An electrode having a predetermined pattern is formed using a patterning technique for each of b. When the liquid crystal device of the present invention is used as a reflection type, an electrode formed on one substrate is formed of a metal material. Then, it is formed of a material having reflection characteristics. Examples of the metal material include materials having high reflectance characteristics such as Cr, Al, Ag, Mg, and alloys thereof, and by using these materials, an electrode having reflection characteristics can be formed.

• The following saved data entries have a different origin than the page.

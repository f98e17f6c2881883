//! Who is absent from a final.

ghost use Rattle.std.specs.Prelude.{◌≡◌, ◌++◌, OnOk, flat_map};
ghost use Rattle.std.specs.List.{list_any};
ghost use Rattle.rounds.specs.Tables.{is_started_attempt};
ghost use Rattle.board_rounds.specs.Absent.{absent, absent_in, absent_line, is_absent};

use crate::shown::name_text;
use attempts::{NoMemory, Value};
use commands::Meet;
use markup::Piece::Text;
use markup::fill;
use rounds::RoundTable;

const ABSENT: &[u8] = b"<p class=\"absent\"><bdi>$</bdi> is absent</p>\n";

/// Whether one of these attempts is not DNS.
fn has_started(values: &[Value]) -> bool
    ensures { result ≡ list_any is_started_attempt values.now }
{
    values.iter().any(|value| match value {
        Value::Number(_) | Value::Dnf => true,
        Value::Dns => false,
    })
}

/// Whether some attempts are entered, and each of them is DNS.
fn is_absent(values: &[Value]) -> bool
    ensures { result ≡ is_absent values.now }
{
    if values.is_empty() {
        return false;
    }
    !has_started(values)
}

/// Adds that the competitor of this name is absent.
#[tactic(auto, unfolding(crate::specs::Absent::absent_line))]
fn push_absent_line(out: &mut Vec<u8>, name: &[u8]) -> Result<(), NoMemory>
    ensures { OnOk result (out.new.items ≡ out.old.items ++ absent_line name.now) }
{
    fill(out, ABSENT, &[Text(name)])
}

/// Adds that the entrant with a number is absent, where it is so.
fn push_absent_in(
    out: &mut Vec<u8>,
    meet: &Meet,
    table: &RoundTable,
    number: u16,
) -> Result<(), NoMemory>
    ensures { OnOk result (out.new.items
        ≡ out.old.items ++ absent_in meet.now.accepted table.now number) }
{
    match table.row(number) {
        Some(row) if is_absent(row.values) => push_absent_line(out, name_text(meet, number)),
        Some(_) | None => Ok(()),
    }
}

/// Adds who of these entrants is absent.
fn push_absent_of(
    out: &mut Vec<u8>,
    meet: &Meet,
    table: &RoundTable,
    numbers: &[u16],
) -> Result<(), NoMemory>
    ensures { OnOk result (out.new.items ≡ out.old.items
        ++ flat_map (absent_in meet.now.accepted table.now) numbers.now) }
{
    for number in numbers {
        push_absent_in(out, meet, table, *number)?;
    }
    Ok(())
}

/// Adds who is absent from a round, a line each, in order of standings.
pub(crate) fn push_absent(
    out: &mut Vec<u8>,
    meet: &Meet,
    table: &RoundTable,
) -> Result<(), NoMemory>
    ensures { OnOk result (out.new.items
        ≡ out.old.items ++ absent meet.now.accepted table.now) }
{
    let numbers = table.standings()?;
    push_absent_of(out, meet, table, &numbers)
}
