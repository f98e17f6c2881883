//! What the laws say of accepted commands they say of every log.

ghost use Rattle.card_laws.specs.Accepting.{LogsAreAccepted};

/// A law: of the commands that the entries of a log come to, each is accepted after those in front
/// of it, for a program that knows any number of editions.
#[tactic(auto, using(crate::proofs::Accepted::logs_are_accepted))]
pub fn logs_are_accepted()
    ensures { LogsAreAccepted }
{}
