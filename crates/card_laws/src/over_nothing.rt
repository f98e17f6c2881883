//! Laws of cards over nothing: the attempts of the same outcomes come to the same.

ghost use Rattle.card_laws.specs.OverNothing.{CardIsAttempts, CardPrintsAsAttempts};
ghost use Rattle.card_laws.specs.OverNothing.{CardIsAcceptedAsAttempts, CardIsRefusedAsAttempts};

/// A law: where nothing counts of a number in a round, a card of outcomes makes of every round what
/// the attempts of these outcomes make of it, one after the other.
#[tactic(auto, using(crate::proofs::Outcomes::card_is_attempts))]
pub fn card_is_attempts()
    ensures { CardIsAttempts }
{}

/// A law: where nothing counts of a number in a round, every sheet is the same after a card of
/// outcomes as after the attempts of these outcomes, byte for byte and in both forms, at the same
/// position.
#[tactic(auto, using(crate::proofs::Printed::card_prints_as_attempts))]
pub fn card_prints_as_attempts()
    ensures { CardPrintsAsAttempts }
{}

/// A law: where nothing counts of a number in a round, a card of one outcome at least is accepted
/// exactly where the attempts of its outcomes are, one after the other.
#[tactic(auto, using(crate::proofs::Refusals::card_is_accepted_as_attempts))]
pub fn card_is_accepted_as_attempts()
    ensures { CardIsAcceptedAsAttempts }
{}

/// A law: where nothing counts of a number in a round, and the event allows each outcome of a card,
/// under a scramble where it is a solution, the card is answered as the first of its attempts that
/// is refused, if one is. Where the event does not allow each, the codes may differ.
#[tactic(auto, using(crate::proofs::Refusals::card_is_refused_as_attempts))]
pub fn card_is_refused_as_attempts()
    ensures { CardIsRefusedAsAttempts }
{}
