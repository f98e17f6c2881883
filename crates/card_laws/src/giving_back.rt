//! Laws of cards over what no longer counts.

ghost use Rattle.card_laws.specs.GivingBack.{AcceptedOnlyWhereGivenBack, FixedOnlyWhereGivenBack};
ghost use Rattle.card_laws.specs.GivingBack.{SecondOnlyWhereGivenBack};

/// A law: if other values count than a card says, the card is accepted later only if a command
/// between gave back the values that it says. That command names the entrant, if the entrant was in
/// the round then.
#[tactic(auto, using(crate::proofs::Returning::accepted_only_where_given_back))]
pub fn accepted_only_where_given_back()
    ensures { AcceptedOnlyWhereGivenBack }
{}

/// A law: the same of a card in a closed round.
#[tactic(auto, using(crate::proofs::Returning::fixed_only_where_given_back))]
pub fn fixed_only_where_given_back()
    ensures { FixedOnlyWhereGivenBack }
{}

/// A law: of two accepted cards of one entrant that say that the same counts, the first of which
/// changes it, the second comes after an accepted command that gave back what both say.
pub fn second_only_where_given_back()
    ensures { SecondOnlyWhereGivenBack }
{}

Next, in step 110, on both electrodes,
The alignment films 120a and 120b are formed by applying polyimide or the like. At this time, the rubbing treatment which is usually performed is performed by the alignment film 120.
a, 120b. Note that, in the present invention, an alignment film in which liquid crystal molecules are aligned in a substantially horizontal direction with respect to the temperature is used. For example, Optmer AL1254 manufactured by Japan Synthetic Rubber Co., Ltd. was used.

Next, in step 120, the substrate 100
a, 100b is subjected to a seal printing process. When forming the sealing material, an injection hole for the liquid crystal mixed material is provided.

Further, in step 130, both substrates 11
0a and 110a are assembled facing each other. The gap between substrates (or cell thickness) was set to 6 μm in this embodiment.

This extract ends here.